WORK TO BE COMPLETED:
Gather from the listing below each line that includes the word "stable", and copy it.

EXERCISE INPUT:
##############################

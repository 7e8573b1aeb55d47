//! Arguments are written.

ghost use Rattle.std.specs.Prelude.{◌≡◌, ◌^◌, ◌<◌, ◌≤◌, ◌↔◌, Ok, length, take, drop, IsOk, IfOk, OnOk, OnErr};
ghost use Rattle.sky_nfs.specs.Calls.{procedure_of};
ghost use Rattle.sky_xdr.specs.Writing.{Puts};
ghost use Rattle.sky_args.specs.Args.{IsArgs, args_bytes};
ghost use Rattle.sky_args.specs.Reading.{args_at};
ghost use Rattle.sky_args.specs.Sizes.{FitsTypes};

use crate::changes::{
    put_create, put_link, put_mkdir, put_mknod, put_rename, put_set_attr_call, put_symlink,
    put_write,
};
use crate::handles::{put_dir_op_args, put_handle};
use crate::length::args_length;
use crate::queries::{put_access, put_range, put_read_dir, put_read_dir_plus};
use sky_nfs::Call;
use sky_xdr::{NoRoom, Writer};

/// Writes the arguments of a call behind what was written before (RFC 1813, section 3.3), with zeros as the padding: for
/// what has arguments as a part of it. The condition is that these are fewer than 2^32 bytes.
///
/// `NoRoom` where all of that does not fit into what is left of the buffer; a part of it may then have been written.
pub fn put_args(writer: &mut Writer<'_>, call: &Call) -> Result<(), NoRoom>
    requires { length (args_bytes call.now) < 2 ^ 32 }
    ensures puts { Puts result (args_bytes call.now) writer.old writer.new }
    ensures fits { OnOk result (FitsTypes call.now) }
{
    match call {
        Call::Null => Ok(()),
        Call::GetAttr { object } => put_handle(writer, object),
        Call::SetAttr {
            object,
            attributes,
            guard,
        } => put_set_attr_call(writer, object, *attributes, *guard),
        Call::Lookup { at } => put_dir_op_args(writer, at),
        Call::Access { object, rights } => put_access(writer, object, *rights),
        Call::ReadLink { link } => put_handle(writer, link),
        Call::Read {
            file,
            offset,
            count,
        } => put_range(writer, file, *offset, *count),
        Call::Write {
            file,
            offset,
            count,
            stable,
            data,
        } => put_write(writer, file, *offset, *count, *stable, data),
        Call::Create { at, how } => put_create(writer, at, *how),
        Call::Mkdir { at, attributes } => put_mkdir(writer, at, *attributes),
        Call::Symlink {
            at,
            attributes,
            text,
        } => put_symlink(writer, at, *attributes, text),
        Call::Mknod { at, what } => put_mknod(writer, at, *what),
        Call::Remove { at } => put_dir_op_args(writer, at),
        Call::Rmdir { at } => put_dir_op_args(writer, at),
        Call::Rename { from, to } => put_rename(writer, from, to),
        Call::Link { file, at } => put_link(writer, file, at),
        Call::ReadDir {
            directory,
            cookie,
            verifier,
            count,
        } => put_read_dir(writer, directory, *cookie, *verifier, *count),
        Call::ReadDirPlus {
            directory,
            cookie,
            verifier,
            dircount,
            maxcount,
        } => put_read_dir_plus(writer, directory, *cookie, *verifier, *dircount, *maxcount),
        Call::FsStat { root } => put_handle(writer, root),
        Call::FsInfo { root } => put_handle(writer, root),
        Call::PathConf { object } => put_handle(writer, object),
        Call::Commit {
            file,
            offset,
            count,
        } => put_range(writer, file, *offset, *count),
    }
}

/// Writes the arguments of a call at the prefix of a buffer (RFC 1813, section 3.3), with zeros as
/// the padding, and says how many bytes they are. The condition is that these are fewer than 2^32.
///
/// `NoRoom` where the buffer is shorter than that; nothing is written then.
pub fn write_args(buf: &mut [u8], call: &Call) -> Result<usize, NoRoom>
    requires { length (args_bytes call.now) < 2 ^ 32 }
    ensures fits { IsOk result ↔ (length (args_bytes call.now) ≤ length buf.old) }
    ensures count { IfOk result (λ n. n ≡ length (args_bytes call.now)) }
    ensures written { IfOk result (λ n. take n buf.new ≡ args_bytes call.now) }
    ensures behind { IfOk result (λ n. drop n buf.new ≡ drop n buf.old) }
    ensures err { OnErr result (buf.new ≡ buf.old) }
    // What was written is of the grammar, and is read as the call.
    ensures found { OnOk result (IsArgs (args_bytes call.now) call.now) }
    ensures read_again { OnOk result (args_at (procedure_of call.now) (args_bytes call.now) ≡ Ok call.now) }
{
    if buf.len() < args_length(call) {
        return Err(NoRoom);
    }
    let mut writer = Writer::over(buf);
    put_args(&mut writer, call)?;
    Ok(writer.written())
}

##############################

WRITTEN REPLY:
            stable,
        } => put_write(writer, file, *offset, *count, *stable, data),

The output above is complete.